少层石墨烯的微波辐照法快速制备及表征-有色金属在线

简介概要

少层石墨烯的微波辐照法快速制备及表征

来源期刊：中国有色金属学报(英文版)2014年第1期

论文作者：冷娴熊翔邹俭鹏

文章页码：177 - 183

关键词：石墨烯；可膨胀石墨；微波辐照；强酸浸泡

Key words：graphene; expandable graphite; microwave irradiation; strong acid soaking

摘要：以可膨胀石墨为原料制备少层石墨烯，通过初次微波辐照3 min、混酸(浓硫酸与浓硝酸的体积比为1:1)浸泡处理24 h及二次微波辐照剥离3 min的工艺流程，得到了少层石墨烯。用扫描电镜(SEM)、X射线衍射(XRD)、拉曼光谱(Raman)、原子力显微镜(AFM)、X射线光电子能谱(XPS)、红外光谱(FTIR)和燃烧法元素分析对实验产物进行表征。结果表明：经过初次微波辐照处理，伴随闪光及爆裂声，可膨胀石墨层片结构被剥离，迅速形成疏松、多孔的蠕虫形貌。通过混酸浸泡、二次微波辐照和超声分散等后续处理，可快速制得厚度约为4.7 nm的约十几层的石墨烯，且石墨烯未被严重氧化，纯度高，结晶度高。

Abstract: Few-layer graphenes were fabricated from expandable graphite by rapid microwave exfoliation. Expandable graphite was irradiated in a domestic microwave in full power for 3 min, then soaked in mixed strong hydrogen nitrate and sulfuric acid with volume ratio of 1:1 for 24 h and re-irradiated, thus few-layer graphene sheets were obtained. Specimens gained from every step were selectively characterized by different techniques, such as SEM, XRD, Raman, AFM, XPS, FTIR and combustion elemental analysis. The results show that expandable graphite with loose, porous and worm-like morphology forms instantaneously in microwave irradiation with crackling sound and sparkles, which manifests physical exfoliation of graphene sheets. Few-layer graphene sheets with a dozen or more layers and average thickness of about 4.7 nm are obtained eventually after sequential treatment of microwave irradiation, mixed acid soaking and second microwave irradiation. The as-prepared few-layer graphenes still have high crystallinity and high purity with traces of oxide groups and without serious unrecoverable oxidation damage.

Trans. Nonferrous Met. Soc. China 24(2014) 177-183

Rapid microwave irradiation fast preparation and characterization of few-layer graphenes

Xian LENG, Xiang XIONG, Jian-peng ZOU

State Key Laboratory of Powder Metallurgy, Central South University, Changsha 410083, China

Received 27 December 2012; accepted 5 June 2013

Key words: graphene; expandable graphite; microwave irradiation; strong acid soaking

1 Introduction

Graphene, which was mechanically cleaved from highly oriented pyrolytic graphite, not only challenges the prevalent hypothesis that free standing planar graphene dose not exist, but also excites great interest among researchers worldwide. Numerous applications are based on those superior properties of graphene [1]. With the concentration of charge carriers up to 10¹³cm^-2[1], mobilities to 1.5×10⁴ cm²/(V·s) [2] and theoretical specific surface area of 2630 m²/g, graphene-based materials could be applied in sensitive sensors, semiconductors, super-capacitors, transparent conducting thin films (as a supplant of ITO), and micro- electromechanical systems.
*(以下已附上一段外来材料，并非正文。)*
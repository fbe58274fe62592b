//! Begins that have to see a commit.

use crate::sets::{LOOK, REGISTERS, SET, cell, rows_of};
use example_sets::set_of;
use history_book::{Book, Receipt, Ticket};
use prog_check::ProgramSet;
use prog_run::Run;
use si_workers::{BeginAfterFault, SharedBook};
use std::alloc::Global;
use std::process::Abort;
use std::sync::Wait;
use std::test::Fail;

// A shared book in which `t[1]` is 0.
fn open<'a>(rt: &impl Abort, alloc: Global, set: &'a ProgramSet) -> SharedBook<'a> {
    let rows = rows_of(alloc, &[(1, 0)]).expect(rt, "memory");
    SharedBook::new(Book::open(alloc, set, rows).expect(rt, "memory"))
}

// A run of `Set(1, 5)`, at its end.
fn run<'a>(rt: &impl Abort, alloc: Global, set: &'a ProgramSet) -> Run<'a> {
    let mut run = Run::new(alloc, set, SET, &[1, 5]).expect(rt, "a run");
    run.advance().expect(rt, "a step");
    run.advance().expect(rt, "a step");
    run
}

// Begins `Set(1, 5)` and commits it.
fn set_five<'a, R: Abort + Wait>(
    rt: &R,
    alloc: Global,
    set: &'a ProgramSet,
    shared: &SharedBook<'a>,
) -> Receipt {
    let run = run(rt, alloc, set);
    let ticket = shared.begin(rt, SET, &[1, 5]).expect(rt, "a ticket");
    shared.commit(rt, ticket, run).expect(rt, "a commit")
}

// The start of a look that is begun after a receipt, and what it finds.
fn look_after(
    rt: &impl Wait,
    shared: &SharedBook<'_>,
    receipt: &Receipt,
) -> Result<(u64, Option<i64>), BeginAfterFault> {
    let ticket = shared.begin_after(rt, receipt, LOOK, &[1])?;
    let held = shared.get(rt, &ticket, &cell(1)).unwrap_or(None);
    Ok((ticket.start(), held))
}

// How many commits the book has, and what `t[1]` holds behind them.
fn kept(rt: &impl Abort, book: &Book<'_>) -> (u64, Option<i64>) {
    let rows = book.table().expect(rt, "memory");
    (book.commits(), rows.get(&cell(1)))
}

// What a look finds that is begun after a commit.
fn look_after_five<'a, R: Abort + Wait>(
    rt: &R,
    alloc: Global,
    set: &'a ProgramSet,
    shared: &SharedBook<'a>,
) -> Result<(u64, Option<i64>), BeginAfterFault> {
    let receipt = set_five(rt, alloc, set, shared);
    let looked = look_after(rt, shared, &receipt);
    drop(receipt);
    looked
}

// The look has to see the commit, and so has the book.
fn check_fresh<R: Abort + Wait>(rt: &R, alloc: Global, set: &ProgramSet) {
    let shared = open(rt, alloc, set);
    let looked = look_after_five(rt, alloc, set, &shared);
    let book = shared.into_book();
    let kept = kept(rt, &book);
    drop(book);
    assert!(rt; looked == Ok((1, Some(5))));
    assert!(rt; kept == (1, Some(5)));
}

#[test]
fn a_begin_after_a_receipt_sees_its_commit(rt: HostRuntime) -> Result<(), Fail> {
    let set = set_of(rt.alloc(), REGISTERS.text)?;
    check_fresh(&rt, rt.alloc(), &set);
    drop(set);
    Ok(())
}

// The receipt of the third commit of a book.
fn third_receipt<R: Abort + Wait>(rt: &R, alloc: Global, set: &ProgramSet) -> Receipt {
    let shared = open(rt, alloc, set);
    set_five(rt, alloc, set, &shared);
    set_five(rt, alloc, set, &shared);
    let receipt = set_five(rt, alloc, set, &shared);
    drop(shared);
    receipt
}

// The ticket's instance alone has to hold the row that the book was opened with.
fn check_active(rt: &impl Abort, book: &mut Book<'_>, ticket: Ticket) {
    assert!(rt; book.vacuum() == 0);
    assert!(rt; book.withdraw(ticket).is_ok());
    assert!(rt; book.vacuum() == 1);
}

// A look is begun after a receipt of another book, which this one has to be behind; then there is
// a commit.
fn check_look<'a, R: Abort + Wait>(
    rt: &R,
    alloc: Global,
    set: &'a ProgramSet,
    shared: &SharedBook<'a>,
) {
    let receipt = third_receipt(rt, alloc, set);
    let looked = look_after(rt, shared, &receipt);
    drop(receipt);
    assert!(rt; looked == Err(BeginAfterFault::Behind { commits: 0 }));
    drop(set_five(rt, alloc, set, shared));
}

// A book without commits has to be behind a receipt of another, with the active instances as
// before.
fn check_behind<R: Abort + Wait>(rt: &R, alloc: Global, set: &ProgramSet) {
    let shared = open(rt, alloc, set);
    let ticket = shared.begin(rt, LOOK, &[1]).expect(rt, "a ticket");
    check_look(rt, alloc, set, &shared);
    let mut book = shared.into_book();
    check_active(rt, &mut book, ticket);
    drop(book);
}

#[test]
fn a_book_without_commits_is_behind_a_receipt_of_another(rt: HostRuntime) -> Result<(), Fail> {
    let set = set_of(rt.alloc(), REGISTERS.text)?;
    check_behind(&rt, rt.alloc(), &set);
    drop(set);
    Ok(())
}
With elastic modulus as high as 1.01 TPa, studies on graphene may accelerate the process of manufacturing ultra-thin airplanes and bulletproof vests. Due to high thermal conductivity of 5 kW/(m·K) [3], graphene-based composites may take place of silicon chips in microcomputer-processing. Graphene derivatives also show promise in biomedical applications [4,5]. Recently, microwave-assisted exfoliation has emerged as an efficient and versatile method to produce graphene sheets, which enjoys obvious advantages, such as energy transfer instead of heat transfer, quick and volumetric heating, eco-friendliness, higher safety and can increase reaction rate by orders of magnitude compared with traditional heating [6-8]. However, previous researches often deal with graphite oxide and as-prepared products containing relatively high residue of oxygen functional groups with m(C)/m(O)=2.75-14 (measured by combustion elemental analysis) [9-11], which reduces purity, conductivity and exhibition of other superior physical and chemical properties.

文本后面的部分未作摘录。